Our findings corroborate previous works focused on macroinvertebrate metacommunities and alpine streams (Kitto et al. 2015; Scotti et al. 2020). For instance, in a large-scale study encompassing 50 Scandinavian streams, Tolonen et al. (2018) partitioned the environmental and spatial controls on the LCBD; with the original hypothesis that a greater proportion of explained variance due to local factors should indicate the effect of environmental filters (i.e. species sorting), while whether LCBD is mainly accounted for by spatial variables then stochastic or dispersal-related processes (e.g. mass effect) are the main drivers of the metacommunity dynamics. They found weak correlations between LCBD and spatial descriptors, while environmental variables at site scale explained generally a greater proportion of the total variance in LCBD (Tolonen et al. 2018). Tonkin et al. (2016) used the catchment area, elevation and land use as proxy variables of the river network position and tested their relationships with LCBD in 124 streams belonging to five hydro-ecoregions. The authors found highly context-dependent results, with correlations varying according to the hydro-ecoregion (Tonkin et al. 2016).

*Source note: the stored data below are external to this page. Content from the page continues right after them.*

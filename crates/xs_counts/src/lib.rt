//! The bit-plane counts of a line of a band: how they are written as bits, and read back (docs/FORMAT.md, 'Bit-plane counts').
#![tactic(auto)]

mod flags;
mod ones;
mod predictor;
mod read;
mod write;

pub use flags::Flags;
pub use ones::{count_for, ones_for};
pub use predictor::Predictor;
pub use read::{read_counts, read_counts_into, read_flags, read_raw, read_raw_into};
pub use write::{mode_bits, write_counts, write_flags};
pub use xs_faults::CountFault;
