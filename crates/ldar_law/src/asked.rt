//! The component and the process unit that each kind of fact needs.

ghost use Rattle.std.specs.Prelude.{◌≡◌};
ghost use Rattle.ldar_law.specs.Denials as law;
ghost use Rattle.ldar_law.specs.Slices.{is_registered as says_registered};

use fact_kinds::FactBody;

/// Whether a fact is an entry in the register.
pub fn is_registered(body: &FactBody) -> bool
    ensures value { result ≡ says_registered body.now }
{
    match *body {
        FactBody::Unit { .. }
        | FactBody::Component { .. }
        | FactBody::Class { .. }
        | FactBody::Retire { .. }
        | FactBody::Election { .. }
        | FactBody::Shutdown { .. } => true,
        FactBody::Calibration { .. }
        | FactBody::Precision { .. }
        | FactBody::Drift { .. }
        | FactBody::Reading { .. }
        | FactBody::Visual { .. }
        | FactBody::Attempt { .. }
        | FactBody::Delay { .. }
        | FactBody::Release { .. }
        | FactBody::Indication { .. } => false,
    }
}

/// The component that a fact needs, which must have been entered (40 CFR 60.486a(e)(1)).
pub fn component_asked(body: &FactBody) -> Option<u16>
    ensures value { result ≡ law.component_asked body.now }
{
    match *body {
        FactBody::Class { component, .. }
        | FactBody::Retire { component }
        | FactBody::Reading { component, .. }
        | FactBody::Visual { component, .. }
        | FactBody::Attempt { component, .. }
        | FactBody::Delay { component, .. }
        | FactBody::Release { component }
        | FactBody::Indication { component, .. } => Some(component),
        FactBody::Unit { .. }
        | FactBody::Component { .. }
        | FactBody::Election { .. }
        | FactBody::Shutdown { .. }
        | FactBody::Calibration { .. }
        | FactBody::Precision { .. }
        | FactBody::Drift { .. } => None,
    }
}

/// The process unit that a fact needs, which must have been entered (our own rule).
pub fn unit_asked(body: &FactBody) -> Option<u8>
    ensures value { result ≡ law.unit_asked body.now }
{
    match *body {
        FactBody::Component { unit, .. }
        | FactBody::Election { unit, .. }
        | FactBody::Shutdown { unit, .. } => Some(unit),
        FactBody::Unit { .. }
        | FactBody::Class { .. }
        | FactBody::Retire { .. }
        | FactBody::Calibration { .. }
        | FactBody::Precision { .. }
        | FactBody::Drift { .. }
        | FactBody::Reading { .. }
        | FactBody::Visual { .. }
        | FactBody::Attempt { .. }
        | FactBody::Delay { .. }
        | FactBody::Release { .. }
        | FactBody::Indication { .. } => None,
    }
}
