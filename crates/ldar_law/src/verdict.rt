/// The verdict of the office's rules on a batch. Facts and rules count from 1.
#[derive(Clone, Copy, Debug, PartialEq, Eq)]
pub enum Verdict {
    Pass,
    /// The first fact that fails a rule, and the least rule that it fails.
    Denied { fact: u16, rule: u8 },
    /// With the batch there would be this many facts, which is more than 8,000,000.
    Full { facts: u64 },
}
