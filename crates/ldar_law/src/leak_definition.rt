ghost use Rattle.std.specs.Prelude.{◌≡◌};
ghost use Rattle.ldar_law.specs.Limits.{limit_of};

use crate::regime::Regime;
use fact_kinds::{Class, Kind};

/// The leak definition of a component with this class, in parts per million by volume (40 CFR 60.482-2a(b)(1),
/// 60.482-7a(b), 60.482-8a(b)). It is higher for a pump that handles polymerizing monomers, and 500 if the rules set
/// none (our own rule).
pub fn limit(kind: Kind, monomer: bool, class: Class) -> u32
    ensures value { result ≡ limit_of kind monomer class }
{
    match Regime::of(kind, class.service) {
        Regime::PumpRules => { if monomer { 5_000 } else { 2_000 } }
        Regime::HeavyLiquidRules => 10_000,
        _ => 500,
    }
}
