ghost use Rattle.std.specs.Prelude.{◌≡◌};
ghost use Rattle.ldar_law.specs.Tags.{is_within as says_within};

use fact_kinds::{Key, precedes};
use ldar_days::Day;

/// The time from the detection of a leak until no leak is unsettled.
#[derive(Clone, Copy, Debug, PartialEq, Eq)]
pub struct Span {
    pub detected: Key,
    /// The day of the first attempt at a repair after the detection.
    pub attempted: Option<Day>,
    /// The fact after which no leak is unsettled.
    pub closed: Option<Key>,
    /// Whether the identification may be removed (40 CFR 60.486a(b)).
    pub removable: bool,
}

impl Span {
    /// Whether the key is after the detection, and before the closing if the tag is closed.
    pub fn is_within(&self, key: &Key) -> bool
        ensures value { result ≡ says_within self.now key.now }
    {
        precedes(&self.detected, key)
            && match &self.closed {
                Some(closed) => precedes(key, closed),
                None => true,
            }
    }
}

To conclude, this work sheds light on the patterns and mechanisms underlying the variation in diversity and community composition of macroinvertebrates among the three most-represented hydro-ecoregions in north-western Italy. Although further investigations are necessary to implement the results here obtained, this study enhances our basic knowledge on what factors shape benthic communities and also provides useful information of practical interest. First, our results show that a multi-scale approach is a good choice for investigating biodiversity of benthic invertebrate assemblages. Site is a key spatial scale, but also lower or higher hierarchical levels (i.e. micro-habitat or hydro-ecoregions) could have a relevant role depending on the type of diversity metric. Moreover, these findings stress the importance of using multi-habitat sampling protocols to make data collection as much representative as possible (Böhmer et al. 2004; Barbour et al. 2006; Mondy et al. 2012). Second, environmental and spatial controls on macroinvertebrate communities are context dependent and vary from one hydro-ecoregion to another one. Under a reference-based river biomonitoring context, this finding may help in defining the best strategies for the conservation and management of lotic ecosystems and their biota, preserving either the habitat conditions or the connectivity and species dispersal pathways, depending on the relative role of environmental or spatial controls on the benthic communities.